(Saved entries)

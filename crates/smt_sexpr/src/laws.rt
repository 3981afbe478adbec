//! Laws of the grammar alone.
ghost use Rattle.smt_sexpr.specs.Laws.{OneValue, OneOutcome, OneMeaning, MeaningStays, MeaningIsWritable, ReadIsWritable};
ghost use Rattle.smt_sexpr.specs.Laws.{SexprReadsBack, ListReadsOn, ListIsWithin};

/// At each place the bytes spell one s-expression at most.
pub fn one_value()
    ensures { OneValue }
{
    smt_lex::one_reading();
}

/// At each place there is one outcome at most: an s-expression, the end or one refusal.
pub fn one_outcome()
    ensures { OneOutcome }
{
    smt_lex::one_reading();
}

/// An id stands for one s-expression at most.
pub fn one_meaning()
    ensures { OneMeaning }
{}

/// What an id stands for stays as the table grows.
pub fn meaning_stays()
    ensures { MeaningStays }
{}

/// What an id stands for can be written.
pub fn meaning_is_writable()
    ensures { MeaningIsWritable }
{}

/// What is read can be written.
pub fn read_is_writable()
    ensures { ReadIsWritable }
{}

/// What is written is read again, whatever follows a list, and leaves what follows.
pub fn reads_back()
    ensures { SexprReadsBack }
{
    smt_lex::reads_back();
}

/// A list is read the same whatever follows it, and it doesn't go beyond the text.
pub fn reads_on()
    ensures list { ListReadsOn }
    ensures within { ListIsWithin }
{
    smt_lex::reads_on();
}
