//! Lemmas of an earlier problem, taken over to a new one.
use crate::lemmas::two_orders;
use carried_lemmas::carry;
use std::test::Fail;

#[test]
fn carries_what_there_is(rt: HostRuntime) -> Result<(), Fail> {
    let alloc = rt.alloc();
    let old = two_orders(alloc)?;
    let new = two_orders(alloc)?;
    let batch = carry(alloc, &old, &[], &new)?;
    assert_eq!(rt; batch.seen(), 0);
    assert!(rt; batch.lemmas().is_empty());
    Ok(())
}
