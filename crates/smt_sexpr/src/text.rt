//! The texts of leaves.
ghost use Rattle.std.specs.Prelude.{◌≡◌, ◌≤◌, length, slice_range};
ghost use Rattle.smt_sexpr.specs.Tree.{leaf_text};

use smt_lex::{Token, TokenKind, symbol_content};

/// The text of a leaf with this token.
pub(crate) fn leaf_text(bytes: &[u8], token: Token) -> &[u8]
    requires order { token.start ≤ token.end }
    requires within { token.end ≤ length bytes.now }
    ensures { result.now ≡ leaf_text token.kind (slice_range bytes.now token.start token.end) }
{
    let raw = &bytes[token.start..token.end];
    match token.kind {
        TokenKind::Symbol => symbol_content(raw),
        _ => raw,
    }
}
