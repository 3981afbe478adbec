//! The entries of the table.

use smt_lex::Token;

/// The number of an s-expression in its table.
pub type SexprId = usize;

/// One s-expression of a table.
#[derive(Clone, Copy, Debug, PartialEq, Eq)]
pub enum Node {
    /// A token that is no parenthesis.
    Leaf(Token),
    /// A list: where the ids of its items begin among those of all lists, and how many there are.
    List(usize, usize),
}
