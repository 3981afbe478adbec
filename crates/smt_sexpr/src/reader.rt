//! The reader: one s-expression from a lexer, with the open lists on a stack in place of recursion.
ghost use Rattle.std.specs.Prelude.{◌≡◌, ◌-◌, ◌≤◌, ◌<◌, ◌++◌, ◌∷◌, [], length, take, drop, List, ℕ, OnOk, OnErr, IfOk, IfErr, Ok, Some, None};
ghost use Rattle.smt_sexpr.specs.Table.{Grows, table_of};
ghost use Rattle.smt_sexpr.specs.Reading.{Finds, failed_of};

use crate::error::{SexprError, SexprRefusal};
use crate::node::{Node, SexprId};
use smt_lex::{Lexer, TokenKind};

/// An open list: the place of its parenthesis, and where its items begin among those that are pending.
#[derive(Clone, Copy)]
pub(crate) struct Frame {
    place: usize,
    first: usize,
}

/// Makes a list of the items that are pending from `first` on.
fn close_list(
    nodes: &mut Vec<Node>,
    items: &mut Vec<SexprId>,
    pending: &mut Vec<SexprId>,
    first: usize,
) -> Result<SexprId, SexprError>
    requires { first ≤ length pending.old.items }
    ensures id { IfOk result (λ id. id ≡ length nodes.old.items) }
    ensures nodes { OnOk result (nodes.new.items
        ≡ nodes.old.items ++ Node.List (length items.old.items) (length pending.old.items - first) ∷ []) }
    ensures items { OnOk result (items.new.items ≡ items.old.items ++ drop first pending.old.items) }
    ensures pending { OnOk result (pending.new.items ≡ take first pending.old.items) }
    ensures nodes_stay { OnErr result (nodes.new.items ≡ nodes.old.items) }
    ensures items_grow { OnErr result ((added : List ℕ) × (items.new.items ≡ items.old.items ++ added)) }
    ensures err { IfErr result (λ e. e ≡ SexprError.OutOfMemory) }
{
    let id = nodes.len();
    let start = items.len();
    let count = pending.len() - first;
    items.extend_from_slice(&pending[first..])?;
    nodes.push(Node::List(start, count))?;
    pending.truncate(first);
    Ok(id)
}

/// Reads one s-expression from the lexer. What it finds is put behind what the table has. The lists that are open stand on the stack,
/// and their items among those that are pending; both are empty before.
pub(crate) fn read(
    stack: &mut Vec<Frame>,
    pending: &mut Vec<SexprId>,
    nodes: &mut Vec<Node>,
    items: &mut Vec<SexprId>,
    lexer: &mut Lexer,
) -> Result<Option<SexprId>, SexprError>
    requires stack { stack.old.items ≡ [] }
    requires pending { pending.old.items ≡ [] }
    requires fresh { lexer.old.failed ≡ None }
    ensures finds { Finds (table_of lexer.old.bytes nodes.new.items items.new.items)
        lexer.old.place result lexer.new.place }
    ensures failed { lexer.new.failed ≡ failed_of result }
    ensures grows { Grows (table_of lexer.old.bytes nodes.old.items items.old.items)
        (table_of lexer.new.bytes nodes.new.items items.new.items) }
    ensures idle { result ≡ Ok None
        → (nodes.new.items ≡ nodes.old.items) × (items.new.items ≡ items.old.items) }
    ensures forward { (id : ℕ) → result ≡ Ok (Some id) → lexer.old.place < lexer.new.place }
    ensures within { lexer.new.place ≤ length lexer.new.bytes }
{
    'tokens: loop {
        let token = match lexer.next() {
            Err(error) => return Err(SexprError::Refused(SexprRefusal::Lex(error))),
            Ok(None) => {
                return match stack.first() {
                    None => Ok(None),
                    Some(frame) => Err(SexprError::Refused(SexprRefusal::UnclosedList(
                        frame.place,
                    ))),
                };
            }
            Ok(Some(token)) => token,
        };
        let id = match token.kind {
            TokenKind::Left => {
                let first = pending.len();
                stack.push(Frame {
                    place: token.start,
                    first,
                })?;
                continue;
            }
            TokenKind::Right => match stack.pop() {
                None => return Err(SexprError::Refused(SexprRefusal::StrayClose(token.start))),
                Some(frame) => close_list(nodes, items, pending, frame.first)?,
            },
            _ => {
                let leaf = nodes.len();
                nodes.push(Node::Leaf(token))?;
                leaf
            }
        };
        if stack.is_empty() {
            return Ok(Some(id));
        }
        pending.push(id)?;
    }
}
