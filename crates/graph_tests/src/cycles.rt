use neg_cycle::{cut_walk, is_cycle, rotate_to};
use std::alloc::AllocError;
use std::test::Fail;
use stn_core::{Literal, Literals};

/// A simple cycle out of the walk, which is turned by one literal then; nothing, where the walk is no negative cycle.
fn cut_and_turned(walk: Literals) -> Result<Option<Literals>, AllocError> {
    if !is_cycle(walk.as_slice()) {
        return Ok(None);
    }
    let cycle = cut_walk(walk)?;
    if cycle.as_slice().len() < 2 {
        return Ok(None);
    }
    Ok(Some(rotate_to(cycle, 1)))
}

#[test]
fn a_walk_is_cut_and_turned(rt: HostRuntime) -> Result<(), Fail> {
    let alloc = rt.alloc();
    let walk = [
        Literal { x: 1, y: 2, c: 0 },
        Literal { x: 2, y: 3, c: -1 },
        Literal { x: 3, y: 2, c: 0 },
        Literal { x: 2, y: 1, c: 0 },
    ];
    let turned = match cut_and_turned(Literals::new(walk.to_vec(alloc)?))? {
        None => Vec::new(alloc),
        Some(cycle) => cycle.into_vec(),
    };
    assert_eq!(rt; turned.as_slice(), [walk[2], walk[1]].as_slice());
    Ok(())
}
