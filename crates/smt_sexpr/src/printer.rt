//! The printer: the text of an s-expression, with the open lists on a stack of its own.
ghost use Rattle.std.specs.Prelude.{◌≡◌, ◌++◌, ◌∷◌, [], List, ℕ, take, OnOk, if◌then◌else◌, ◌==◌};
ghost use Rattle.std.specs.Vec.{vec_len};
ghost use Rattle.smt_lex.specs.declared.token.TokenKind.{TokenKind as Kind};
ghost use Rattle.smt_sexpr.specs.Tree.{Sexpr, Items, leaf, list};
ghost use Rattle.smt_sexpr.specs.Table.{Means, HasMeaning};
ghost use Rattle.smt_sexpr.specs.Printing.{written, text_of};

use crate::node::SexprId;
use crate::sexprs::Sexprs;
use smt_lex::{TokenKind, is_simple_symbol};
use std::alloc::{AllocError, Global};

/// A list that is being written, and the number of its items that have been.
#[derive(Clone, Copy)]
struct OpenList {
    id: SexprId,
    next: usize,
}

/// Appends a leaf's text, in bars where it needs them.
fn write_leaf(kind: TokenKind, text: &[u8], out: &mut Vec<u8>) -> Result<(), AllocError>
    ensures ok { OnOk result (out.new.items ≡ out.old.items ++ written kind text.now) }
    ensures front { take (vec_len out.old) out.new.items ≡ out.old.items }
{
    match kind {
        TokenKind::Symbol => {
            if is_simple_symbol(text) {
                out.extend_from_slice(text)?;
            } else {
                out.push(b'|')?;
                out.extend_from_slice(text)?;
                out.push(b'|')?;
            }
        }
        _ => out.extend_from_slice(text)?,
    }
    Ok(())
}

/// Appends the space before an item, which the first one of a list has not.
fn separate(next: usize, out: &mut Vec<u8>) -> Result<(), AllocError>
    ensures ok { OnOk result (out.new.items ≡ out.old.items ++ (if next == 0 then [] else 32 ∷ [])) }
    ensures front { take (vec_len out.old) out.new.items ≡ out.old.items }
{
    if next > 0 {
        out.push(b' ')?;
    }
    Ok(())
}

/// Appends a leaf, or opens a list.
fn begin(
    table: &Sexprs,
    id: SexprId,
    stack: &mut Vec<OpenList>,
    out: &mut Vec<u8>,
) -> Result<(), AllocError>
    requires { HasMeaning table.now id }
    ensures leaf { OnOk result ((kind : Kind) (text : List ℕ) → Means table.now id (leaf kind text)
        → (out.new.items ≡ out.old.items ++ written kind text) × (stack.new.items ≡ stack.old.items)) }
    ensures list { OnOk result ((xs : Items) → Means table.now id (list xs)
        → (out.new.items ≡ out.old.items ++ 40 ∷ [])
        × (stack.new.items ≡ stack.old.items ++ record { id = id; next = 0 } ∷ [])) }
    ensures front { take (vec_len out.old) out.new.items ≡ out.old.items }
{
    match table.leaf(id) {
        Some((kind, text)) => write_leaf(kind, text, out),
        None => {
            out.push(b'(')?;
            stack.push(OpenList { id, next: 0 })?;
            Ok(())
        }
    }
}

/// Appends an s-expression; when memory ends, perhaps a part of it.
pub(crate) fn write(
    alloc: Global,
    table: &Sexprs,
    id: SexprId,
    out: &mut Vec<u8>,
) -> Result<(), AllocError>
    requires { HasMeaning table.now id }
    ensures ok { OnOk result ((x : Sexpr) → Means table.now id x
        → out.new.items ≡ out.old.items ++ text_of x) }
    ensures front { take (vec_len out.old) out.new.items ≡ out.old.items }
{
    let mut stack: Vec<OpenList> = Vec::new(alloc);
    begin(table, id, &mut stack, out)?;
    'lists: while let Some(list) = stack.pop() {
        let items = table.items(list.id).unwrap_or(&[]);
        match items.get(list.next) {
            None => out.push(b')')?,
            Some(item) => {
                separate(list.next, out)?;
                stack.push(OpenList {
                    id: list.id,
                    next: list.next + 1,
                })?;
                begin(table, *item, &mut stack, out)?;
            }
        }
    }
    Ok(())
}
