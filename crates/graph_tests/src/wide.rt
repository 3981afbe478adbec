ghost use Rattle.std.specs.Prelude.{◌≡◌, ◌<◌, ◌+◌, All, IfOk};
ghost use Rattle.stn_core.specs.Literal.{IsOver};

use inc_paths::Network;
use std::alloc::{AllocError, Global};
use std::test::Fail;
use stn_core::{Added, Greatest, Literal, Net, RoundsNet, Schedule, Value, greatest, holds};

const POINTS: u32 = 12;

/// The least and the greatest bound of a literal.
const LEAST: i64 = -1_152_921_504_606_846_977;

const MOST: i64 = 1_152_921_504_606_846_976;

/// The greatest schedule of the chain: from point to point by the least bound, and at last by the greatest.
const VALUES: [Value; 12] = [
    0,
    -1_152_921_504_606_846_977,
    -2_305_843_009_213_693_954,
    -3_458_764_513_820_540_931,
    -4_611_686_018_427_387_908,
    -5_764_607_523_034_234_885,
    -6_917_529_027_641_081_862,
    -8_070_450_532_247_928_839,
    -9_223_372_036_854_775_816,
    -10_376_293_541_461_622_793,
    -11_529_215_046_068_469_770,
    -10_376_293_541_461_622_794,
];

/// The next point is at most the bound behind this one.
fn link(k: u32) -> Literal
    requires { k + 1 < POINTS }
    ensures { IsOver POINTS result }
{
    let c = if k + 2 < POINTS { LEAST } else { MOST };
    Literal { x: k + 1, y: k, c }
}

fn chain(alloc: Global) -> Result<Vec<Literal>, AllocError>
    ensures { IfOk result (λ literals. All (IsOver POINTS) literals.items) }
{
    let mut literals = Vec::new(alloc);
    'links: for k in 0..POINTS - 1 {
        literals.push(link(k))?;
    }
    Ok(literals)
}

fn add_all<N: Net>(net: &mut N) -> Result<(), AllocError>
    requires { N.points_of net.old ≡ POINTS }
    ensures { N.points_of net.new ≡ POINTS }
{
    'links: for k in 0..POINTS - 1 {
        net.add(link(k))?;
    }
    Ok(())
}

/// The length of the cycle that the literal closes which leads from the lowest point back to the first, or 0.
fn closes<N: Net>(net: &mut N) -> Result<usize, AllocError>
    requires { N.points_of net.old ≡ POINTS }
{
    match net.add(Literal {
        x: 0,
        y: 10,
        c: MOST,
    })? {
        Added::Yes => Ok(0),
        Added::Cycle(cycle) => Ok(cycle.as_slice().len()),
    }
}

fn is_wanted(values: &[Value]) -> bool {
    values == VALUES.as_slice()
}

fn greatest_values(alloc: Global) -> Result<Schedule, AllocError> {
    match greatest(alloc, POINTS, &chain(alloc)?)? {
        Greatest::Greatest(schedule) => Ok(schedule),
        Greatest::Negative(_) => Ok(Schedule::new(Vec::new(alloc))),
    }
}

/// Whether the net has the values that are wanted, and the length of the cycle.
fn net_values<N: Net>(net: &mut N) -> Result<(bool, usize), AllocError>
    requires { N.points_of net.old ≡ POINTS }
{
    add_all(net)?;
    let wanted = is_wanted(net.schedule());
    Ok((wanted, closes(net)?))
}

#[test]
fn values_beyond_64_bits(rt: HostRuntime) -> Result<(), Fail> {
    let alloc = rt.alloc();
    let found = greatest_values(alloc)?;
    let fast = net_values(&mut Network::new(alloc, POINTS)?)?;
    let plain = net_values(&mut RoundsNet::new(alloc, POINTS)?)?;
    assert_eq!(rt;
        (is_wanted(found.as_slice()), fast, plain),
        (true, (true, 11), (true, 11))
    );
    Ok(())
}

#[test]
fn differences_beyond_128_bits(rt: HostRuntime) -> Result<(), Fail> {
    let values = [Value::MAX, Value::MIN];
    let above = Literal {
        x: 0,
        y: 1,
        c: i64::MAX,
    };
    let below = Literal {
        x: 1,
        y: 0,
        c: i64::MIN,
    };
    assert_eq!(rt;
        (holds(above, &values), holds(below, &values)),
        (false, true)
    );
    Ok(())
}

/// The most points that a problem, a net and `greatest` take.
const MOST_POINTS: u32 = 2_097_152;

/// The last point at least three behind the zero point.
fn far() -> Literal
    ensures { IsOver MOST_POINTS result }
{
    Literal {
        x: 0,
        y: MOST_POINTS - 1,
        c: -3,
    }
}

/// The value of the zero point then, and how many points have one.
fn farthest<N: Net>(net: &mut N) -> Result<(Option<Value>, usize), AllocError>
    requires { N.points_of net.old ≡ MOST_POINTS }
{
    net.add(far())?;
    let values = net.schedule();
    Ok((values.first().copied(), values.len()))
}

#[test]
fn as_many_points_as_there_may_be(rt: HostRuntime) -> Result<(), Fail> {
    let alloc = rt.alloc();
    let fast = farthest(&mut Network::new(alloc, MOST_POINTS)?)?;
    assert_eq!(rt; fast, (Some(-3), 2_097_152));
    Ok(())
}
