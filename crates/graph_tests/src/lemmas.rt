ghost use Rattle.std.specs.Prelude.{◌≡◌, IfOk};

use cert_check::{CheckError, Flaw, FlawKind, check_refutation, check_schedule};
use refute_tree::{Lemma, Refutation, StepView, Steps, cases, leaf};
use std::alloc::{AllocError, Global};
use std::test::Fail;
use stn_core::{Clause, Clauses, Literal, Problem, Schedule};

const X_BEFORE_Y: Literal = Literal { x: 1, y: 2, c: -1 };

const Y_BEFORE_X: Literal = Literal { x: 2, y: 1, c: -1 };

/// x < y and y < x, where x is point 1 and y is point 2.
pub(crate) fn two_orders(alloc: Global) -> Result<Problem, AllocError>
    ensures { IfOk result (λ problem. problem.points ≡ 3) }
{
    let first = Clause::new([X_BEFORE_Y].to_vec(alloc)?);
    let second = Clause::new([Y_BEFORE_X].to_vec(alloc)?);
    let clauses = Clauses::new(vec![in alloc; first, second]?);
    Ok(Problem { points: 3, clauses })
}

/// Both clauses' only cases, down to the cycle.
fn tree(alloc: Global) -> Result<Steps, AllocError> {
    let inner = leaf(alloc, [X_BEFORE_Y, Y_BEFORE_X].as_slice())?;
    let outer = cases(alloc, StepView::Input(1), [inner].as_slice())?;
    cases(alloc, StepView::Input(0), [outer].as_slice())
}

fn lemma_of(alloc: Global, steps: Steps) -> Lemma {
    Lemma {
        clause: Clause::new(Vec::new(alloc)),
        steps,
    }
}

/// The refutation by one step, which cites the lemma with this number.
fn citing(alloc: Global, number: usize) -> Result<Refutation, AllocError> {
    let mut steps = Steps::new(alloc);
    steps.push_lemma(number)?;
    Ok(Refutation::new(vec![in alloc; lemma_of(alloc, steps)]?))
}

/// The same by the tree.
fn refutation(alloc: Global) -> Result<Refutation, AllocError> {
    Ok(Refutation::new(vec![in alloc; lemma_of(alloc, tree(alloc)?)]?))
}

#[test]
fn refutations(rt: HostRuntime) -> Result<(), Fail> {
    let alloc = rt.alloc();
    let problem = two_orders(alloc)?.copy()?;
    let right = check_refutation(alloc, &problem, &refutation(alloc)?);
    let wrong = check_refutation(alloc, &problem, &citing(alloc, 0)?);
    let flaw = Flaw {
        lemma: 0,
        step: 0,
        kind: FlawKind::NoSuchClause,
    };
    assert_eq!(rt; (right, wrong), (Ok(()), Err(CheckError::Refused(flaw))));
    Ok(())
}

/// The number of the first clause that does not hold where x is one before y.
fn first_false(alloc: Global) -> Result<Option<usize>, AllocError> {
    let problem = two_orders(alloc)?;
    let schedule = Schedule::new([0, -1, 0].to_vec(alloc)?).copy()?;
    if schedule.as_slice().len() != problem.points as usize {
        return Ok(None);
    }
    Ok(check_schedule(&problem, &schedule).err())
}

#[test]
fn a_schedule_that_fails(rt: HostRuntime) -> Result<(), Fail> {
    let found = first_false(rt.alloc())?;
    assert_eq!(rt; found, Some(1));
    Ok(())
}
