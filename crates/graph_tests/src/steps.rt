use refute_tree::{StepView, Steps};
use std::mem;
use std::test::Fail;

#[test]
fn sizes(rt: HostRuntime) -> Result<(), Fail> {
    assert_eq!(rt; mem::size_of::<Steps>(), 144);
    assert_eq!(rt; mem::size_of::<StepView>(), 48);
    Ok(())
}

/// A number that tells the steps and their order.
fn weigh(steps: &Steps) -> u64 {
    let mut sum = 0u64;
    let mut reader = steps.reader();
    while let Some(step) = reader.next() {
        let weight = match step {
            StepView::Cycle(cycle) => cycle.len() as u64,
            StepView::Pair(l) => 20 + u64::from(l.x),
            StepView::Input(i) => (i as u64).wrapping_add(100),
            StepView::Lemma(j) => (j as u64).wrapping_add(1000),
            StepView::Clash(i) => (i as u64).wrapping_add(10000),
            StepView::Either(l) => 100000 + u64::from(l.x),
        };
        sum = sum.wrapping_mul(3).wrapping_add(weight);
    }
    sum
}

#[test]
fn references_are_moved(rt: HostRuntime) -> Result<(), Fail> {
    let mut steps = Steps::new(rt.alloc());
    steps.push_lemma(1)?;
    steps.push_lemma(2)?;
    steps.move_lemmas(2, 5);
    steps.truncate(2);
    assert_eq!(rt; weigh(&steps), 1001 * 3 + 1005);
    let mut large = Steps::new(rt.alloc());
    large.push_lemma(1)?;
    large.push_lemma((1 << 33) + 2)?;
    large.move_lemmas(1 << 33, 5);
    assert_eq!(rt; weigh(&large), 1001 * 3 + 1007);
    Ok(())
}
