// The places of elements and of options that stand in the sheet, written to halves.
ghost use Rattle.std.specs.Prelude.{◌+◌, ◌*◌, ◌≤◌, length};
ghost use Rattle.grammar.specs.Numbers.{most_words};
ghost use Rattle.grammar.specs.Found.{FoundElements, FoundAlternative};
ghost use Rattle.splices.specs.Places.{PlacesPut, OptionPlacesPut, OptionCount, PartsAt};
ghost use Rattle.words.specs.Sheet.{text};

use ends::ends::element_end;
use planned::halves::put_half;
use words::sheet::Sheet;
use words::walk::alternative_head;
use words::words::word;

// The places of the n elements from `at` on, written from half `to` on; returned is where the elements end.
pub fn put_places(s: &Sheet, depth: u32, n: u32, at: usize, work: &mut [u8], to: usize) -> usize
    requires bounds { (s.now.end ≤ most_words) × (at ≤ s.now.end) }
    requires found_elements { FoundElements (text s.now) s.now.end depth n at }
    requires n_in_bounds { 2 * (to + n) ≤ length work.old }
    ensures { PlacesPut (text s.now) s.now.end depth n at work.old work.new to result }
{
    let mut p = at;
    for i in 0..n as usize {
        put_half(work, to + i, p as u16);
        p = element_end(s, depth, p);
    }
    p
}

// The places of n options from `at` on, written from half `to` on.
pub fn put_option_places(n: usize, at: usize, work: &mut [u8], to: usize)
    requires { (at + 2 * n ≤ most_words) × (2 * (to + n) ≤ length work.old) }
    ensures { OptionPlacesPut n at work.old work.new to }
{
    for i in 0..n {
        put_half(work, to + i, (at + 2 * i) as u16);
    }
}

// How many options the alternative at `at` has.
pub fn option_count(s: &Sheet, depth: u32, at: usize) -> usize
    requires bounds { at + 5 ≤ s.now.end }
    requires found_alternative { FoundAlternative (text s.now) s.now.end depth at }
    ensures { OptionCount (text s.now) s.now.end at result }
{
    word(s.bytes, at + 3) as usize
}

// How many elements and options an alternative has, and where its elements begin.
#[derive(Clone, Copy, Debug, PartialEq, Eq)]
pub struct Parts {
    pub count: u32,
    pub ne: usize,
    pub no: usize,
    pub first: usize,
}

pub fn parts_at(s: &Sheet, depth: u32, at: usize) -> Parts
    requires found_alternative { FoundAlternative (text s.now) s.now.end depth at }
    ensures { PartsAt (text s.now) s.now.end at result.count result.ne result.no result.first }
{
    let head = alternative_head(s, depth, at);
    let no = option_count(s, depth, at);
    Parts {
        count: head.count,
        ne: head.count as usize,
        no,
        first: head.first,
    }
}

[REQUIRED ACTION]: How many lines of the data contain the word "leaves"? Answer with the number alone.

[EXERCISE RESPONSE]: 2